### Data excerpts

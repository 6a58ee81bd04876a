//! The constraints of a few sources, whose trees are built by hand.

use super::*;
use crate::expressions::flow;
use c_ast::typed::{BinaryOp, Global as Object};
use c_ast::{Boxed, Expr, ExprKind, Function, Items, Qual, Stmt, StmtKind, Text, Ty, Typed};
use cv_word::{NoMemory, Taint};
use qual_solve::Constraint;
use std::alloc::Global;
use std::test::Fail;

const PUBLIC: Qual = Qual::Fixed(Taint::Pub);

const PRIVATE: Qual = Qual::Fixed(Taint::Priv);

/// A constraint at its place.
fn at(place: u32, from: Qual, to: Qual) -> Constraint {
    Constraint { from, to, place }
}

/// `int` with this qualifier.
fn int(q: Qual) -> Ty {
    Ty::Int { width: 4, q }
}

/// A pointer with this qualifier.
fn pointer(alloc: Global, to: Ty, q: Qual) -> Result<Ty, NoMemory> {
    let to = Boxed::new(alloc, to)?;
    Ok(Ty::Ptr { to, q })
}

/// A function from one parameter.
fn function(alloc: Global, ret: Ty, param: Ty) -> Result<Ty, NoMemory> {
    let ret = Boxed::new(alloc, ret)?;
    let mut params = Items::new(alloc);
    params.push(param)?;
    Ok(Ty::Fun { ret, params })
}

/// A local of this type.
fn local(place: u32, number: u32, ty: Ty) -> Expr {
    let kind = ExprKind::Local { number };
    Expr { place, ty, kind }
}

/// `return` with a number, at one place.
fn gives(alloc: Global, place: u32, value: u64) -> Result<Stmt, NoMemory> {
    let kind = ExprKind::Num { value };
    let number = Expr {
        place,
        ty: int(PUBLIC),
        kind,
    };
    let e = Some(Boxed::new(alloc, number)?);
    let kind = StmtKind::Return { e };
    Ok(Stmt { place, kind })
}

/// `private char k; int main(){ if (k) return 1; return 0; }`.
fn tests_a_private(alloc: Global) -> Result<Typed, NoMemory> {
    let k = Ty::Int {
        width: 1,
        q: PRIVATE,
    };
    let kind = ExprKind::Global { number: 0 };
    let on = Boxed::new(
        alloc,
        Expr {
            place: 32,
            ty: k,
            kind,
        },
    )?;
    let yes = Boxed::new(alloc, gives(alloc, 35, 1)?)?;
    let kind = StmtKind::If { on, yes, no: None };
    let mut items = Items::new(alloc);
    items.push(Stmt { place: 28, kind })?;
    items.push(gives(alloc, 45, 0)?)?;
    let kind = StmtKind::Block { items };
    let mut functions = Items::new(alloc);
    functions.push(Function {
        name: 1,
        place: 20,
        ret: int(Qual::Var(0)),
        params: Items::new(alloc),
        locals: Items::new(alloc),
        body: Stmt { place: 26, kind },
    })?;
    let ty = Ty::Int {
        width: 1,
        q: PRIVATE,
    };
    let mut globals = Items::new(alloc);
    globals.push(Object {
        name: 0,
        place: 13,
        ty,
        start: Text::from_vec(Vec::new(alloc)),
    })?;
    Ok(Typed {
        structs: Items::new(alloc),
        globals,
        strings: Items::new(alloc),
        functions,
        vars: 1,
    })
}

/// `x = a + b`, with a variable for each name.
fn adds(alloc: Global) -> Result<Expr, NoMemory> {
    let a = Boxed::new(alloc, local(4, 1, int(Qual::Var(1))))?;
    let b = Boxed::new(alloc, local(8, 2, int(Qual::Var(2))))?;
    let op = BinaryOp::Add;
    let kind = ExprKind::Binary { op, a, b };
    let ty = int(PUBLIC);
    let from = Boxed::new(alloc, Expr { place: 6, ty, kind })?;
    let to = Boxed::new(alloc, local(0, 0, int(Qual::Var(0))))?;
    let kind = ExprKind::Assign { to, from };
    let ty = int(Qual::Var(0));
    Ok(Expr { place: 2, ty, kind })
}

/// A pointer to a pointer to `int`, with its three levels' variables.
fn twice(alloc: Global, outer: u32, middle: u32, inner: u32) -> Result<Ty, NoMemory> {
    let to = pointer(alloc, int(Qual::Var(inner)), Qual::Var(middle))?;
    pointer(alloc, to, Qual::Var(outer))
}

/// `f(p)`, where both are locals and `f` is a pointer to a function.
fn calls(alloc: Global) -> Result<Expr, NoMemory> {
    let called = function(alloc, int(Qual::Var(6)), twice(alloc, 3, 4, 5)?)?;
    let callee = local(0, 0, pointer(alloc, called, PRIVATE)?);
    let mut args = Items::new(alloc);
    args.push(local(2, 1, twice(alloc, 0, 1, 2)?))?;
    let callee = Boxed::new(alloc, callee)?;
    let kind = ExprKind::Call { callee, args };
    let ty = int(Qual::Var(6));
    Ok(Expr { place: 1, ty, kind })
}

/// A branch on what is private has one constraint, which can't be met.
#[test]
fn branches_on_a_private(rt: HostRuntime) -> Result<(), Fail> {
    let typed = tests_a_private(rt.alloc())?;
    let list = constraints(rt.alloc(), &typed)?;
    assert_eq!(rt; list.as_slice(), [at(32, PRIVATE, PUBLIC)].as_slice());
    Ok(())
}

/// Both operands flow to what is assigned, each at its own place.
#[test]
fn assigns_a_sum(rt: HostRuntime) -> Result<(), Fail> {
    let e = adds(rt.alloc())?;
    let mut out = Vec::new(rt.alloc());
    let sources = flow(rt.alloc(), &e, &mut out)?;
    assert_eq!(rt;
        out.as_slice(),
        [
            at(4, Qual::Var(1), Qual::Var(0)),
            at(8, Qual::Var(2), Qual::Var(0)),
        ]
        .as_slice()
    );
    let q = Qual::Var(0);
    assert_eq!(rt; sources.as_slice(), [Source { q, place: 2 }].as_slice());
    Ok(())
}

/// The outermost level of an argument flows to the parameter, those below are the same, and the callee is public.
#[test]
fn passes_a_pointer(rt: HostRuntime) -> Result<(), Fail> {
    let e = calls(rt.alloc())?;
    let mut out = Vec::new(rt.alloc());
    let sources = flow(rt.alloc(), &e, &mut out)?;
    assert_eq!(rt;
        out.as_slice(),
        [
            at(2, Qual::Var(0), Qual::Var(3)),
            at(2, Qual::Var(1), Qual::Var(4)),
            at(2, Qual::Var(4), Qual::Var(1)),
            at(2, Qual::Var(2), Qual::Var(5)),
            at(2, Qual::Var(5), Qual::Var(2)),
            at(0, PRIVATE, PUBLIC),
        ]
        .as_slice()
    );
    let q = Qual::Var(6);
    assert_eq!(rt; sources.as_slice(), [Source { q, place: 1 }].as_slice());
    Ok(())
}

### Task prompt
Give the exact lines, and only those, from the line containing "let mut functions = Items::new(alloc);" through the line containing "twice(alloc, 3, 4, 5)?)?;" in the entries above.

### Solution to this problem
    let mut functions = Items::new(alloc);
    functions.push(Function {
        name: 1,
        place: 20,
        ret: int(Qual::Var(0)),
        params: Items::new(alloc),
        locals: Items::new(alloc),
        body: Stmt { place: 26, kind },
    })?;
    let ty = Ty::Int {
        width: 1,
        q: PRIVATE,
    };
    let mut globals = Items::new(alloc);
    globals.push(Object {
        name: 0,
        place: 13,
        ty,
        start: Text::from_vec(Vec::new(alloc)),
    })?;
    Ok(Typed {
        structs: Items::new(alloc),
        globals,
        strings: Items::new(alloc),
        functions,
        vars: 1,
    })
}

/// `x = a + b`, with a variable for each name.
fn adds(alloc: Global) -> Result<Expr, NoMemory> {
    let a = Boxed::new(alloc, local(4, 1, int(Qual::Var(1))))?;
    let b = Boxed::new(alloc, local(8, 2, int(Qual::Var(2))))?;
    let op = BinaryOp::Add;
    let kind = ExprKind::Binary { op, a, b };
    let ty = int(PUBLIC);
    let from = Boxed::new(alloc, Expr { place: 6, ty, kind })?;
    let to = Boxed::new(alloc, local(0, 0, int(Qual::Var(0))))?;
    let kind = ExprKind::Assign { to, from };
    let ty = int(Qual::Var(0));
    Ok(Expr { place: 2, ty, kind })
}

/// A pointer to a pointer to `int`, with its three levels' variables.
fn twice(alloc: Global, outer: u32, middle: u32, inner: u32) -> Result<Ty, NoMemory> {
    let to = pointer(alloc, int(Qual::Var(inner)), Qual::Var(middle))?;
    pointer(alloc, to, Qual::Var(outer))
}

/// `f(p)`, where both are locals and `f` is a pointer to a function.
fn calls(alloc: Global) -> Result<Expr, NoMemory> {
    let called = function(alloc, int(Qual::Var(6)), twice(alloc, 3, 4, 5)?)?;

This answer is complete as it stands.